EXERCISE MATERIAL
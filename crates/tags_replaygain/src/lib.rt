// Whether a comment header has a REPLAYGAIN tag (RFC 7845, 5.2.1; RULES.md, 18).
#![tactic(auto)]

ghost use Rattle.std.specs.Prelude.{◌≡◌, true};
ghost use Rattle.tags_layout.specs.Layout.{all_fit, texts_from};
ghost use Rattle.tags_replaygain.specs.ReplayGain.{is_replay_gain, any_replay_gain, has_replay_gain};

// Whether the comment has one of the four names of REPLAYGAIN tags, without regard to ASCII case, and a "=" after it (RULES.md,
// 18). It refuses nothing. Example: "replaygain_track_gain=-3 dB" has, and "REPLAYGAIN_TRACK_GAIN", without a "=", has not.
pub fn is_replaygain(c: &[u8]) -> bool
    ensures { result ≡ is_replay_gain c.now }
{
    if tags_comment::is_named(b"REPLAYGAIN_TRACK_GAIN", c) {
        return true;
    }
    if tags_comment::is_named(b"REPLAYGAIN_TRACK_PEAK", c) {
        return true;
    }
    if tags_comment::is_named(b"REPLAYGAIN_ALBUM_GAIN", c) {
        return true;
    }
    tags_comment::is_named(b"REPLAYGAIN_ALBUM_PEAK", c)
}

// Whether one of n comments is a REPLAYGAIN tag, the first one's length at this place.
fn any_from(b: &[u8], start: usize, n: usize) -> bool
    requires { all_fit b.now n start ≡ true }
    ensures { result ≡ any_replay_gain (texts_from b.now n start) }
{
    let mut at = start;
    for _i in 0..n {
        let size = number_reader::number32(b, at) as usize;
        let text = at + 4;
        if is_replaygain(octets::part_of(b, text, size)) {
            return true;
        }
        at = text + size;
    }
    false
}

// Whether the packet is a right comment header and has a REPLAYGAIN tag (RULES.md, 18). It refuses nothing.
// Example: of a packet without comments it is false.
pub fn has_replaygain(b: &[u8]) -> bool
    ensures { result ≡ has_replay_gain b.now }
{
    let Ok(n) = tags_reader::read_tags(b) else {
        return false;
    };
    any_from(b, tags_layout::first_comment(b), n)
}
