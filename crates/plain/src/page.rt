ghost use Rattle.std.specs.Prelude.{◌≡◌};
ghost use Rattle.plain.specs.Page.{page};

WHAT THE EXERCISE ASKS
Reproduce the data in full, precisely as given.

RESPONSE BELOW
filename crates/tags_replaygain/src/lib.rt
// Whether a comment header has a REPLAYGAIN tag (RFC 7845, 5.2.1; RULES.md, 18).
#![tactic(auto)]

ghost use Rattle.std.specs.Prelude.{◌≡◌, true};
ghost use Rattle.tags_layout.specs.Layout.{all_fit, texts_from};
ghost use Rattle.tags_replaygain.specs.ReplayGain.{is_replay_gain, any_replay_gain, has_replay_gain};

// Whether the comment has one of the four names of REPLAYGAIN tags, without regard to ASCII case, and a "=" after it (RULES.md,
// 18). It refuses nothing. Example: "replaygain_track_gain=-3 dB" has, and "REPLAYGAIN_TRACK_GAIN", without a "=", has not.
pub fn is_replaygain(c: &[u8]) -> bool
    ensures { result ≡ is_replay_gain c.now }
{
    if tags_comment::is_named(b"REPLAYGAIN_TRACK_GAIN", c) {
        return true;
    }
    if tags_comment::is_named(b"REPLAYGAIN_TRACK_PEAK", c) {
        return true;
    }
    if tags_comment::is_named(b"REPLAYGAIN_ALBUM_GAIN", c) {
        return true;
    }
    tags_comment::is_named(b"REPLAYGAIN_ALBUM_PEAK", c)
}

// Whether one of n comments is a REPLAYGAIN tag, the first one's length at this place.
fn any_from(b: &[u8], start: usize, n: usize) -> bool
    requires { all_fit b.now n start ≡ true }
    ensures { result ≡ any_replay_gain (texts_from b.now n start) }
{
    let mut at = start;
    for _i in 0..n {
        let size = number_reader::number32(b, at) as usize;
        let text = at + 4;
        if is_replaygain(octets::part_of(b, text, size)) {
            return true;
        }
        at = text + size;
    }
    false
}

// Whether the packet is a right comment header and has a REPLAYGAIN tag (RULES.md, 18). It refuses nothing.
// Example: of a packet without comments it is false.
pub fn has_replaygain(b: &[u8]) -> bool
    ensures { result ≡ has_replay_gain b.now }
{
    let Ok(n) = tags_reader::read_tags(b) else {
        return false;
    };
    any_from(b, tags_layout::first_comment(b), n)
}
filename crates/plain/src/page.rt
ghost use Rattle.std.specs.Prelude.{◌≡◌};
ghost use Rattle.plain.specs.Page.{page};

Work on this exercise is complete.